#[inline(never)]
fn run_lettered_scans(words: &mut Words) -> Result<(), Error<'static>>
    ensures { words.new.next ≡ min (words.old.next + 4) 18446744073709551615 }
{
    let mut letters = [0u8; FILE];
    let mut scans = [0u8; FILE];
    let mut room = [7u8; ROOM];
    let letters = words.file(&mut letters);
    let scans = words.file(&mut scans);
    let terminals = words.length();
    let tokens = &mut room[..words.length()];
    let reply = lettered_scans::read_lettered(letters.bytes, terminals, scans.bytes, tokens);
    let mut out = words.output(scans)?;
    write_reply(&mut out, reply)?;
    program::print_bytes(&mut out, tokens);
    out.flush()?;
    Ok(())
}

// What a session is over: tokens, a byte each, or scans, with the house letters or with those of a letters book.
#[derive(Clone, Copy)]
enum Over {
    Tokens,
    Scans,
    LetteredScans,
    // with a letters book of no bytes, which no word names
    UnletteredScans,
}

// The books and the input of a session.
#[derive(Clone, Copy)]
struct Session<'a> {
    grammar: &'a [u8],
    tables: &'a [u8],
    letters: &'a [u8],
    input: Input<'a>,
    over: Over,
}

impl<'a> Session<'a> {
    // Reads them into buffers. A session without a letters book has no use for its buffer.
    fn read(
        words: &mut Words,
        over: Over,
        grammar: &'a mut [u8],
        tables: &'a mut [u8],
        letters: &'a mut [u8],
        input: &'a mut [u8],
    ) -> Session<'a>
        ensures { words.new.next ≡ min (words.old.next + files over) 18446744073709551615 }
    {
        Session {
            grammar: words.file(grammar).bytes,
            tables: words.file(tables).bytes,
            letters: match over {
                Over::LetteredScans => words.file(letters).bytes,
                _ => b"",
            },
            input: words.file(input),
            over,
        }
    }

    fn walk(&self, stack: &mut [u8], listing: &mut [u8]) -> SessionReply {
        let grammar = self.grammar;
        let tables = self.tables;
        let input = self.input.bytes;
        match self.over {
            Over::Tokens => session::run_session(grammar, tables, input, stack, listing),
            Over::Scans => scan_session::run_scans(grammar, tables, input, stack, listing),
            Over::LetteredScans | Over::UnletteredScans => {
                scan_session::run_lettered(grammar, tables, self.letters, input, stack, listing)
            }
        }
    }

    fn list_expected(
        &self,
        stack: &mut [u8],
        listing: &mut [u8],
        codes: &mut [u8],
    ) -> ExpectedReply {
        let grammar = self.grammar;
        let tables = self.tables;
        let input = self.input.bytes;
        match self.over {
            Over::Tokens => expected::list_expected(grammar, tables, input, stack, listing, codes),
            Over::Scans => {
                expected_scans::list_expected_scans(grammar, tables, input, stack, listing, codes)
            }
            Over::LetteredScans | Over::UnletteredScans => expected_scans::list_expected_lettered(
                grammar,
                tables,
                self.letters,
                input,
                stack,
                listing,
                codes,
            ),
        }
    }
}

// Prints the reply of a session and its counts.
fn write_walked(out: &mut Printer, answer: SessionReply) -> io::Result<()> {
    let reply = walker::as_reply(answer);
    writeln!(
        out,
        "{},{},{},{}",
        reply::number(reply),
        reply::place(reply),
        walker::rule_count(answer),
        walker::unit_count(answer),
    )
}

#[inline(never)]
fn run_walk(words: &mut Words, over: Over, letters: &mut [u8]) -> Result<(), Error<'static>>
    ensures { words.new.next ≡ min (words.old.next + files over + 2) 18446744073709551615 }
{
    let mut grammar = [0u8; FILE];
    let mut tables = [0u8; FILE];
    let mut input = [0u8; FILE];
    let mut stack = [7u8; ROOM];
    let mut listing = [7u8; ROOM];
    let session = Session::read(words, over, &mut grammar, &mut tables, letters, &mut input);
    let stack = &mut stack[..words.length()];
    let listing = &mut listing[..words.length()];
    let answer = session.walk(stack, listing);
    let mut out = words.output(session.input)?;
    write_walked(&mut out, answer)?;
    program::print_bytes(&mut out, listing);
    program::print_bytes(&mut out, stack);
    out.flush()?;
    Ok(())
}

#[inline(never)]
fn run_lettered_walk(words: &mut Words) -> Result<(), Error<'static>>
    ensures { words.new.next ≡ min (words.old.next + 6) 18446744073709551615 }
{
    let mut letters = [0u8; FILE];
    run_walk(words, Over::LetteredScans, &mut letters)
}

// Prints the codes that are counted, zeros too.
#[inline(never)]
fn run_list(words: &mut Words, over: Over, letters: &mut [u8]) -> Result<(), Error<'static>>
    ensures { words.new.next ≡ min (words.old.next + files over + 3) 18446744073709551615 }
{
    let mut grammar = [0u8; FILE];
    let mut tables = [0u8; FILE];
    let mut input = [0u8; FILE];
    let mut stack = program::lend(7);
    let mut listing = program::lend(7);
    let mut codes = [7u8; ROOM];
    let session = Session::read(words, over, &mut grammar, &mut tables, letters, &mut input);
    let stack = &mut stack[..lent(words.length())];
    let listing = &mut listing[..lent(words.length())];
    let codes = &mut codes[..words.length()];
    let answer = session.list_expected(stack, listing, codes);
    let mut out = words.output(session.input)?;
    write_reply(&mut out, expected::as_reply(answer))?;
    program::print_list(&mut out, codes, expected::code_count(answer));
    program::print_bytes(&mut out, listing);
    program::print_bytes(&mut out, stack);
    out.flush()?;
    Ok(())
}

#[inline(never)]
fn run_lettered_list(words: &mut Words) -> Result<(), Error<'static>>
    ensures { words.new.next ≡ min (words.old.next + 7) 18446744073709551615 }
{
    let mut letters = [0u8; FILE];
    run_list(words, Over::LetteredScans, &mut letters)
}

// Prints the reply of a load and its counts.
fn write_made(out: &mut Printer, answer: GeneratorReply) -> io::Result<()> {
    let reply = generator::as_reply(answer);
    writeln!(
        out,
        "{},{},{},{}",
        reply::number(reply),
        reply::place(reply),
        generator::token_count(answer),
        generator::rule_count(answer),
    )
}

// Prints the runs of equal bytes, of zeros nothing: loads are long, and what a program may write under the gate is 1 MiB.
fn write_runs(out: &mut Printer, bytes: &[u8]) -> io::Result<()> {
    for run in bytes.chunk_by(|a, b| a == b) {
        match run {
            [] | [0, ..] => {}
            [_] => program::print_bytes(out, run),
            [byte, ..] => writeln!(out, "{byte},{}", run.len())?,
        }
    }
    Ok(())
}

#[inline(never)]
fn run_load(words: &mut Words) -> Result<(), Error<'static>>
    ensures { words.new.next ≡ min (words.old.next + 5) 18446744073709551615 }
{
    let mut grammar = [0u8; FILE];
    let mut tokens = [7u8; ROOM];
    let mut listing = program::lend(7);
    let grammar = words.file(&mut grammar);
    let seed = words.number();
    let depth = words.number();
    let tokens = &mut tokens[..words.length()];
    let listing = &mut listing[..lent(words.length())];
    let answer = generator::make_load(
        grammar.bytes,
        (seed & 0xffff_ffff) as u32,
        depth,
        tokens,
        listing,
    );
    let mut out = words.output(grammar)?;
    write_made(&mut out, answer)?;
    write_runs(&mut out, tokens)?;
    write_runs(&mut out, listing)?;
    out.flush()?;
    Ok(())
}

// Makes a load and walks it, and compares the listings.
#[inline(never)]
fn run_walked_load(words: &mut Words) -> Result<(), Error<'static>>
    ensures { words.new.next ≡ min (words.old.next + 5) 18446744073709551615 }
{
    let mut grammar = [0u8; FILE];
    let mut tables = [0u8; FILE];
    let mut loaded = [0u8; FILE];
    let mut tokens = [7u8; generate_steps::TOKENS];
    let mut listing = program::lend(7);
    let mut stack = program::lend(7);
    let mut walked = program::lend(7);
    let grammar = words.file(&mut grammar);
    let tables = words.file(&mut tables);
    let loaded = words.file(&mut loaded);
    let seed = words.length();
    let depth = words.length();
    let made = generator::make_load(loaded.bytes, seed as u32, depth, &mut tokens, &mut listing);
    let answer = session::run_session(
        grammar.bytes,
        tables.bytes,
        &tokens[..generator::token_count(made)],
        &mut stack,
        &mut walked,
    );
    let mut out = words.output(loaded)?;
    write_made(&mut out, made)?;
    write_walked(&mut out, answer)?;
    writeln!(out, "{}", u8::from(listing == walked))?;
    out.flush()?;
    Ok(())
}

#[inline(never)]
fn run_bound(words: &mut Words) -> Result<(), Error<'static>>
    ensures { words.new.next ≡ min (words.old.next + 2) 18446744073709551615 }
{
    let mut grammar = [0u8; FILE];
    let grammar = words.file(&mut grammar);
    let scans = words.number();
    let answer = listing_bound::bound_listing(grammar.bytes, scans);
    let reply = listing_bound::as_reply(answer);
    let mut out = words.output(grammar)?;
    write!(out, "{},{},", reply::number(reply), reply::place(reply))?;
    if listing_bound::is_unbounded(answer) {
        writeln!(out, "-")?;
    } else {
        writeln!(out, "{}", listing_bound::rule_count(answer))?;
    }
    out.flush()?;
    Ok(())
}

// Runs the case that begins with the next word. It takes a word at least, unless there is no number for one more, and eight at most.
fn run_case(words: &mut Words) -> Result<(), Error<'static>>
    ensures moves { words.old.next < 18446744073709551615 → words.old.next < words.new.next }
    ensures within { words.new.next ≤ words.old.next + 8 }
{
    match words.number() {
        1 => run_grammar(words),
        2 => run_check(words),
        3 => run_build(words),
        4 => run_scans(words),
        5 => run_walk(words, Over::Tokens, &mut []),
        6 => run_walk(words, Over::Scans, &mut []),
        7 => run_list(words, Over::Tokens, &mut []),
        8 => run_list(words, Over::Scans, &mut []),
        9 => run_load(words),
        10 => run_walked_load(words),
        11 => run_bound(words),
        12 => run_letters(words),
        13 => run_lettered_scans(words),
        14 => run_lettered_walk(words),
        15 => run_lettered_list(words),
        _ => run_list(words, Over::UnletteredScans, &mut []),
    }
}

fn main(rt: HostRuntime) {
    let count = program::argument_count(rt);
    let mut words = Words { rt, next: 1 };
    // A case has a word at least, so there are no more cases than words.
    for _ in 1..count {
        if count <= words.next {
            break;
        }
        if let Err(error) = run_case(&mut words) {
            error.tell(rt, USAGE);
        }
    }
}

• [Exercise] Retype the lines beginning at the one containing "let mut words" and ending at the final line of the material, both included.

• [Task answer]
    let mut words = Words { rt, next: 1 };
    // A case has a word at least, so there are no more cases than words.
    for _ in 1..count {
        if count <= words.next {
            break;
        }
        if let Err(error) = run_case(&mut words) {
            error.tell(rt, USAGE);
        }
    }
}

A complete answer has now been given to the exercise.